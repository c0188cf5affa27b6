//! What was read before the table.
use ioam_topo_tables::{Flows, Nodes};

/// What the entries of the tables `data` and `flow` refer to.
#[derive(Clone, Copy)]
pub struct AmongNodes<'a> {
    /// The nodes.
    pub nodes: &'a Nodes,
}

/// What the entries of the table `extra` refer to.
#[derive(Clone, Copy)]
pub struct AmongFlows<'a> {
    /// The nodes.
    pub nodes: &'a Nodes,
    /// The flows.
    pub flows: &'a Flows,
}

# # # #

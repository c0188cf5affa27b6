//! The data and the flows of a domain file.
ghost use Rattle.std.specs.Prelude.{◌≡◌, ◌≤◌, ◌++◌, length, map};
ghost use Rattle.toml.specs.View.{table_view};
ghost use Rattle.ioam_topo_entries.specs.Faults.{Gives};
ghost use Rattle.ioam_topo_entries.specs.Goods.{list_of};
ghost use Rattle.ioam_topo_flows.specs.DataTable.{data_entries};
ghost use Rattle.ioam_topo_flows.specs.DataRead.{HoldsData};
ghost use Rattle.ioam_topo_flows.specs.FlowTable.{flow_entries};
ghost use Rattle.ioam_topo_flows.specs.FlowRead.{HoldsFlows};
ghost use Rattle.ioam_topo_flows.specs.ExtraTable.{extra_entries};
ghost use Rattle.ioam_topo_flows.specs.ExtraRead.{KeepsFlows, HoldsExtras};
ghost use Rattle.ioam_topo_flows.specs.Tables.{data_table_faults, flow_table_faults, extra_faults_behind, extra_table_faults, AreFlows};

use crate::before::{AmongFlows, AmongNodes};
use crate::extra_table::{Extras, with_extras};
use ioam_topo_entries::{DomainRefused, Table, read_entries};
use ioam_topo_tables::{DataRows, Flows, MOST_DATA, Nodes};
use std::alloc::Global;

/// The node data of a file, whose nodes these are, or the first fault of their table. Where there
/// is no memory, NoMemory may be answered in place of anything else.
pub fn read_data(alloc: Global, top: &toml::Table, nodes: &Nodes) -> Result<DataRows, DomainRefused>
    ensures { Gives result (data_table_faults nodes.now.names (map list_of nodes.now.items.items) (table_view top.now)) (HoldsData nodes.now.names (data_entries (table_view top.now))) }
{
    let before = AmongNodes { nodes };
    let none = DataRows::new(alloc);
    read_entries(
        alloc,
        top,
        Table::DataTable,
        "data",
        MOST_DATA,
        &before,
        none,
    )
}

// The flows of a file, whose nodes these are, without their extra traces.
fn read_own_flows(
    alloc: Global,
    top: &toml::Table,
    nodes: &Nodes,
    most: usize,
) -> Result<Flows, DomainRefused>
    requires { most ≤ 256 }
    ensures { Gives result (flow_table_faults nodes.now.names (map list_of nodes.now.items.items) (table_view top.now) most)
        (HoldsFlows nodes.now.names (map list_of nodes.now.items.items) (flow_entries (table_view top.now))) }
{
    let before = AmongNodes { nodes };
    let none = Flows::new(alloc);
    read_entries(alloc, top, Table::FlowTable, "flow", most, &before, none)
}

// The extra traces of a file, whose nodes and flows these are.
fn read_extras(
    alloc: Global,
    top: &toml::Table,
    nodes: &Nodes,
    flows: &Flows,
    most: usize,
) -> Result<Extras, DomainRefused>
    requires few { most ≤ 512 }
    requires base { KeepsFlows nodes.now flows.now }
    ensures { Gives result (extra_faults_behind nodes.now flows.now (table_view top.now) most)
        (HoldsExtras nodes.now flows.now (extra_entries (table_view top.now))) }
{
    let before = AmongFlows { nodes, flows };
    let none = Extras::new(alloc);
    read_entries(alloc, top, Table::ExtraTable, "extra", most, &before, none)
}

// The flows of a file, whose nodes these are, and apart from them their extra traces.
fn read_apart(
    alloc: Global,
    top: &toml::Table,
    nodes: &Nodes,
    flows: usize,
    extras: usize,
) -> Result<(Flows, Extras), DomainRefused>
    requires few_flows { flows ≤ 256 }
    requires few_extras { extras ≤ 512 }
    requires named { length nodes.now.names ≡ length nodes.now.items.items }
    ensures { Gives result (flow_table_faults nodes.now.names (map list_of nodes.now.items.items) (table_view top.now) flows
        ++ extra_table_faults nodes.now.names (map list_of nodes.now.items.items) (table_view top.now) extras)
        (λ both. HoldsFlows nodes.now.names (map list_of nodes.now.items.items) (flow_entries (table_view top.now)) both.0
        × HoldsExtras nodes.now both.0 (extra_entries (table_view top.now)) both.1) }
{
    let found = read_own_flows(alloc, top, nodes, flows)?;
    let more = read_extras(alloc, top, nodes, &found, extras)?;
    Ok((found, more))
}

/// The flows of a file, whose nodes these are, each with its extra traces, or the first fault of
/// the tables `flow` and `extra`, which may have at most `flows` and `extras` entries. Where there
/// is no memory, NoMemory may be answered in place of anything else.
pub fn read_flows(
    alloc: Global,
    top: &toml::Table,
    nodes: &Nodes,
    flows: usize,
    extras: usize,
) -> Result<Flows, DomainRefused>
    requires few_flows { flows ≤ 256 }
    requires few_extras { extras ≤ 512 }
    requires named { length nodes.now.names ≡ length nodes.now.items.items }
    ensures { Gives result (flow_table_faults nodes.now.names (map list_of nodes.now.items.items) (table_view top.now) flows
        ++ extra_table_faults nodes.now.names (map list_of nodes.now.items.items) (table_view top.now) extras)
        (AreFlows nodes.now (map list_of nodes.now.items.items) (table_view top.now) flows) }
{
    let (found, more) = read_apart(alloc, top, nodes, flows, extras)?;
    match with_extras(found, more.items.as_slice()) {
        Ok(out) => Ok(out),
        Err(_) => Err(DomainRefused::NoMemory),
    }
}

# # # #

### TASK DIRECTIONS
When the string "DataRows" appears in a line of the records above, that line is to be copied.

### EXERCISE RESPONSE
use ioam_topo_tables::{DataRows, Flows, MOST_DATA, Nodes};
pub fn read_data(alloc: Global, top: &toml::Table, nodes: &Nodes) -> Result<DataRows, DomainRefused>
    let none = DataRows::new(alloc);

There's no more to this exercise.